Texte intégral
Vu la procédure suivante :
Procédure contentieuse antérieure :
M. A... B... a demandé au tribunal administratif de Strasbourg d’annuler l’arrêté du 28 juillet 2023 par lequel la préfète du Bas-Rhin a refusé de lui délivrer un titre de séjour, l’a obligé à quitter le territoire français dans un délai de trente jours et a fixé le pays à destination duquel il pourra être reconduit d’office à l’expiration de ce délai.
Par un jugement n° 2305866 du 18 octobre 2023, le tribunal administratif de Strasbourg a rejeté sa demande.
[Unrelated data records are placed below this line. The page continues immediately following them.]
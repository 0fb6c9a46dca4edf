// Bytes in memory, with a fixed room for them.
ghost use Rattle.std.specs.Prelude.{◌≡◌, ◌≤◌, [], IfOk, vec_len, vec_capacity};

use crate::Failed;
use crate::calls::{Calls, one_more};
use ef_base::NoMemory;
use std::alloc::Global;

/// The bytes written, the room for all of them, the calls and the count of faults.
#[derive(Drop)]
pub struct Store {
    pub bytes: Vec<u8>,
    pub room: usize,
    pub calls: Calls,
    pub faults: u64,
    ghost within: { vec_len bytes ≤ room },
    ghost kept: { room ≤ vec_capacity bytes },
}

impl Store {
    ghost use Rattle.ef_io.specs.Store.{HoldsNothing, Takes};
    ghost use Rattle.ef_io.specs.Sink.{HasCause};

    /// An empty store, whose room is taken at once.
    pub fn new(alloc: Global, room: usize, failing: Vec<u64>) -> Result<Store, NoMemory>
        ensures { IfOk result (HoldsNothing room failing) }
    {
        Ok(Store {
            bytes: Vec::with_capacity(alloc, room)?,
            room,
            calls: Calls::new(failing),
            faults: 0,
        })
    }

    /// Takes what fits of the piece.
    pub fn take(&mut self, piece: &[u8]) -> Result<usize, Failed>
        ensures takes { Takes self.old self.new piece.now result }
        ensures cause { HasCause self.old.faults self.new.faults result }
    {
        let fails = self.calls.count();
        let length = piece.len().min(self.room - self.bytes.len());
        if fails || (length == 0 && !piece.is_empty()) {
            self.faults = one_more(self.faults);
            return Err(Failed);
        }
        self.bytes.extend_from_slice(&piece[..length]).unwrap();
        Ok(length)
    }
}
Procédure devant la cour :
Par une requête enregistrée le 8 novembre 2023, M. B..., représenté par Me Yahi, demande à la cour :
1°) d’annuler ce jugement du 18 octobre 2023 ;
2°) d’annuler l’arrêté du 28 juillet 2023 ;
3°) d’enjoindre au préfet du Bas-Rhin de réexaminer sa situation dans un délai de quinze jours à compter de la notification de la décision à intervenir et de lui délivrer, pendant cet examen, une autorisation provisoire de séjour ;
4°) de mettre à la charge de l’Etat la somme de 1 200 euros à verser à son conseil en application de l’article L. 761-1 du code de justice administrative.
Il soutient que :
- la décision de refus de titre de séjour est insuffisamment motivée ;
- elle méconnaît l’article 8 de la convention européenne de sauvegarde des droits de l’homme et des libertés fondamentales et est entachée d’erreur manifeste dans l’appréciation de ses conséquences sur sa situation personnelle ;
- la décision portant obligation de quitter le territoire français est illégale en raison de l’illégalité de la décision de refus de titre de séjour ;
- elle méconnaît l’article 8 de la convention européenne de sauvegarde des droits de l’homme et des libertés fondamentales et est entachée d’erreur manifeste dans l’appréciation de ses conséquences sur sa situation personnelle.
Le bureau d’aide juridictionnelle a constaté la caducité de la demande présentée par M. B... par une décision du 1er février 2024.
Vu les autres pièces du dossier.
Vu :
- la convention européenne de sauvegarde des droits de l’homme et des libertés fondamentales ;
- le code de l’entrée et du séjour des étrangers et du droit d’asile ;
- le code de justice administrative.
Le président de la formation de jugement a dispensé la rapporteure publique, sur sa proposition, de prononcer des conclusions à l’audience.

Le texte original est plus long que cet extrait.